>>
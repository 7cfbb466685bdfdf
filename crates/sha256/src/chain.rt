// The hash value over whole blocks, and the padding of the last bytes.
ghost use Rattle.std.specs.Prelude.{◌≡◌, ◌+◌, ◌-◌, ◌*◌, ◌/◌, ◌%◌, ◌^◌, ◌≤◌, [], ◌∷◌, ◌++◌, length, replicate};
ghost use Rattle.sha256.specs.Absorbed.{Absorbed};
ghost use Rattle.sha256.specs.Sha256.{initial, compressed, u64_bytes, padding, hashed, state_bytes, sha256_of};
ghost use Rattle.sha256.specs.Hashed.{kind_known, length_sha256_of};

use crate::block::compress;
use crate::state::State;
use digests::{Compressor, Numbered, join_words};

// A hash value, and how many bytes went into it, modulo 2^64.
pub struct Chain {
    state: State,
    count: u64,
}

impl Numbered for Chain {
    const KIND: u8 = 1;

    ghost KIND = { 1 };

    ghost kind_range = { kind_known };
}

impl Compressor for Chain {
    ghost digest = { sha256_of };

    ghost absorbed = { Absorbed };

    ghost thirty_two = { length_sha256_of };

    #[tactic(auto, unfolding(crate::specs::Sha256::hashed))]
    fn begin() -> Chain {
        Chain {
            state: initial_state(),
            count: 0,
        }
    }

    fn absorb(&mut self, block: &[u8; 64]) {
        self.step(block);
    }

    fn finish(self, last: &[u8]) -> [u8; 32] {
        let Chain { state, count } = self;
        // The cast stays: no `From` leads from `usize` to `u64`.
        let length = count.wrapping_add(last.len() as u64);
        big_endian(last_blocks(state, last, length))
    }
}

// Apart from `absorb`, whose clause speaks of all bytes so far.
impl Chain {
    fn step(&mut self, block: &[u8; 64])
        ensures counted { self.new.count ≡ (self.old.count + 64) % 2 ^ 64 }
        ensures value { self.new.state ≡ compressed self.old.state block.now }
    {
        self.state = compress(self.state, block);
        self.count = self.count.wrapping_add(64);
    }
}

// BLAKE2s starts with the same numbers: each standard names them itself, and neither crate rests on the other.
fn initial_state() -> State
    ensures { result ≡ initial }
{
    State {
        a: 0x6a09e667,
        b: 0xbb67ae85,
        c: 0x3c6ef372,
        d: 0xa54ff53a,
        e: 0x510e527f,
        f: 0x9b05688c,
        g: 0x1f83d9ab,
        h: 0x5be0cd19,
    }
}

// The last bytes of a message of some length, padded to one block or two. `Compressor::finish` says why their bound is no type.
fn last_blocks(state: State, last: &[u8], message: u64) -> State
    requires { length last.now ≤ 64 }
    ensures { message % 64 ≡ length last.now % 64 → result ≡ hashed (length (last.now ++ padding message) / 64) (last.now ++ padding message) state }
{
    if last.len() < 56 {
        compress_all(state, &padded::<64>(last, message))
    } else {
        compress_all(state, &padded::<128>(last, message))
    }
}

// The hash value after the whole blocks of some bytes.
fn compress_all(state: State, bytes: &[u8]) -> State
    ensures { result ≡ hashed (length bytes.now / 64) bytes.now state }
{
    bytes
        .as_chunks::<64>()
        .0
        .iter()
        .fold(state, |s, block| compress(s, block))
}

// The last bytes of a message of some length, padded to N bytes.
fn padded<const N: usize>(last: &[u8], message: u64) -> [u8; N]
    requires { length last.now + 9 ≤ N }
    ensures { result ≡ last.now ++ (0x80 ∷ (replicate (N - 9 - length last.now) 0 ++ u64_bytes (8 * message % 2 ^ 64))) }
{
    let mut block = [0; N];
    let bytes = &mut block[..];
    bytes[..last.len()].copy_from_slice(last);
    bytes[last.len()] = 0x80;
    bytes[N - 8..].copy_from_slice(&message.wrapping_mul(8).to_be_bytes());
    block
}

// The eight words, highest byte first.
fn big_endian(s: State) -> [u8; 32]
    ensures { result ≡ state_bytes s }
{
    join_words([s.a, s.b, s.c, s.d, s.e, s.f, s.g, s.h].map(u32::to_be_bytes))
}
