// SHA-256 of FIPS 180-4, as a digest.
#![tactic(auto)]

ghost use Rattle.sha256.specs.Constants.{ConstantsRule};

use chain::Chain;
use digests::Buffered;

mod block;
mod chain;
mod rounds;
mod schedule;
mod state;

pub type Sha256 = Buffered<Chain>;

// The constants are what the standard says they are.
pub fn constants_stand()
    ensures { ConstantsRule }
{}
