// No code: routing as document 01's plain run, in specs/.
#![tactic(auto)]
<<
Prompt – The full listing above is to be retyped exactly.

Answer –
repository 7cfbb466685bdfdf
filename crates/sha256/src/chain.rt
// The hash value over whole blocks, and the padding of the last bytes.
ghost use Rattle.std.specs.Prelude.{◌≡◌, ◌+◌, ◌-◌, ◌*◌, ◌/◌, ◌%◌, ◌^◌, ◌≤◌, [], ◌∷◌, ◌++◌, length, replicate};
ghost use Rattle.sha256.specs.Absorbed.{Absorbed};
ghost use Rattle.sha256.specs.Sha256.{initial, compressed, u64_bytes, padding, hashed, state_bytes, sha256_of};
ghost use Rattle.sha256.specs.Hashed.{kind_known, length_sha256_of};

use crate::block::compress;
use crate::state::State;
use digests::{Compressor, Numbered, join_words};

// A hash value, and how many bytes went into it, modulo 2^64.
pub struct Chain {
    state: State,
    count: u64,
}

impl Numbered for Chain {
    const KIND: u8 = 1;

    ghost KIND = { 1 };

    ghost kind_range = { kind_known };
}

impl Compressor for Chain {
    ghost digest = { sha256_of };

    ghost absorbed = { Absorbed };

    ghost thirty_two = { length_sha256_of };

    #[tactic(auto, unfolding(crate::specs::Sha256::hashed))]
    fn begin() -> Chain {
        Chain {
            state: initial_state(),
            count: 0,
        }
    }

    fn absorb(&mut self, block: &[u8; 64]) {
        self.step(block);
    }

    fn finish(self, last: &[u8]) -> [u8; 32] {
        let Chain { state, count } = self;
        // The cast stays: no `From` leads from `usize` to `u64`.
        let length = count.wrapping_add(last.len() as u64);
        big_endian(last_blocks(state, last, length))
    }
}

// Apart from `absorb`, whose clause speaks of all bytes so far.
impl Chain {
    fn step(&mut self, block: &[u8; 64])
        ensures counted { self.new.count ≡ (self.old.count + 64) % 2 ^ 64 }
        ensures value { self.new.state ≡ compressed self.old.state block.now }
    {
        self.state = compress(self.state, block);
        self.count = self.count.wrapping_add(64);
    }
}

// BLAKE2s starts with the same numbers: each standard names them itself, and neither crate rests on the other.
fn initial_state() -> State
    ensures { result ≡ initial }
{
    State {
        a: 0x6a09e667,
        b: 0xbb67ae85,
        c: 0x3c6ef372,
        d: 0xa54ff53a,
        e: 0x510e527f,
        f: 0x9b05688c,
        g: 0x1f83d9ab,
        h: 0x5be0cd19,
    }
}

// The last bytes of a message of some length, padded to one block or two. `Compressor::finish` says why their bound is no type.
fn last_blocks(state: State, last: &[u8], message: u64) -> State
    requires { length last.now ≤ 64 }
    ensures { message % 64 ≡ length last.now % 64 → result ≡ hashed (length (last.now ++ padding message) / 64) (last.now ++ padding message) state }
{
    if last.len() < 56 {
        compress_all(state, &padded::<64>(last, message))
    } else {
        compress_all(state, &padded::<128>(last, message))
    }
}

// The hash value after the whole blocks of some bytes.
fn compress_all(state: State, bytes: &[u8]) -> State
    ensures { result ≡ hashed (length bytes.now / 64) bytes.now state }
{
    bytes
        .as_chunks::<64>()
        .0
        .iter()
        .fold(state, |s, block| compress(s, block))
}

// The last bytes of a message of some length, padded to N bytes.
fn padded<const N: usize>(last: &[u8], message: u64) -> [u8; N]
    requires { length last.now + 9 ≤ N }
    ensures { result ≡ last.now ++ (0x80 ∷ (replicate (N - 9 - length last.now) 0 ++ u64_bytes (8 * message % 2 ^ 64))) }
{
    let mut block = [0; N];
    let bytes = &mut block[..];
    bytes[..last.len()].copy_from_slice(last);
    bytes[last.len()] = 0x80;
    bytes[N - 8..].copy_from_slice(&message.wrapping_mul(8).to_be_bytes());
    block
}

// The eight words, highest byte first.
fn big_endian(s: State) -> [u8; 32]
    ensures { result ≡ state_bytes s }
{
    join_words([s.a, s.b, s.c, s.d, s.e, s.f, s.g, s.h].map(u32::to_be_bytes))
}
// SHA-256 of FIPS 180-4, as a digest.
#![tactic(auto)]

ghost use Rattle.sha256.specs.Constants.{ConstantsRule};

use chain::Chain;
use digests::Buffered;

mod block;
mod chain;
mod rounds;
mod schedule;
mod state;

pub type Sha256 = Buffered<Chain>;

// The constants are what the standard says they are.
pub fn constants_stand()
    ensures { ConstantsRule }
{}
// No code: routing as document 01's plain run, in specs/.
#![tactic(auto)]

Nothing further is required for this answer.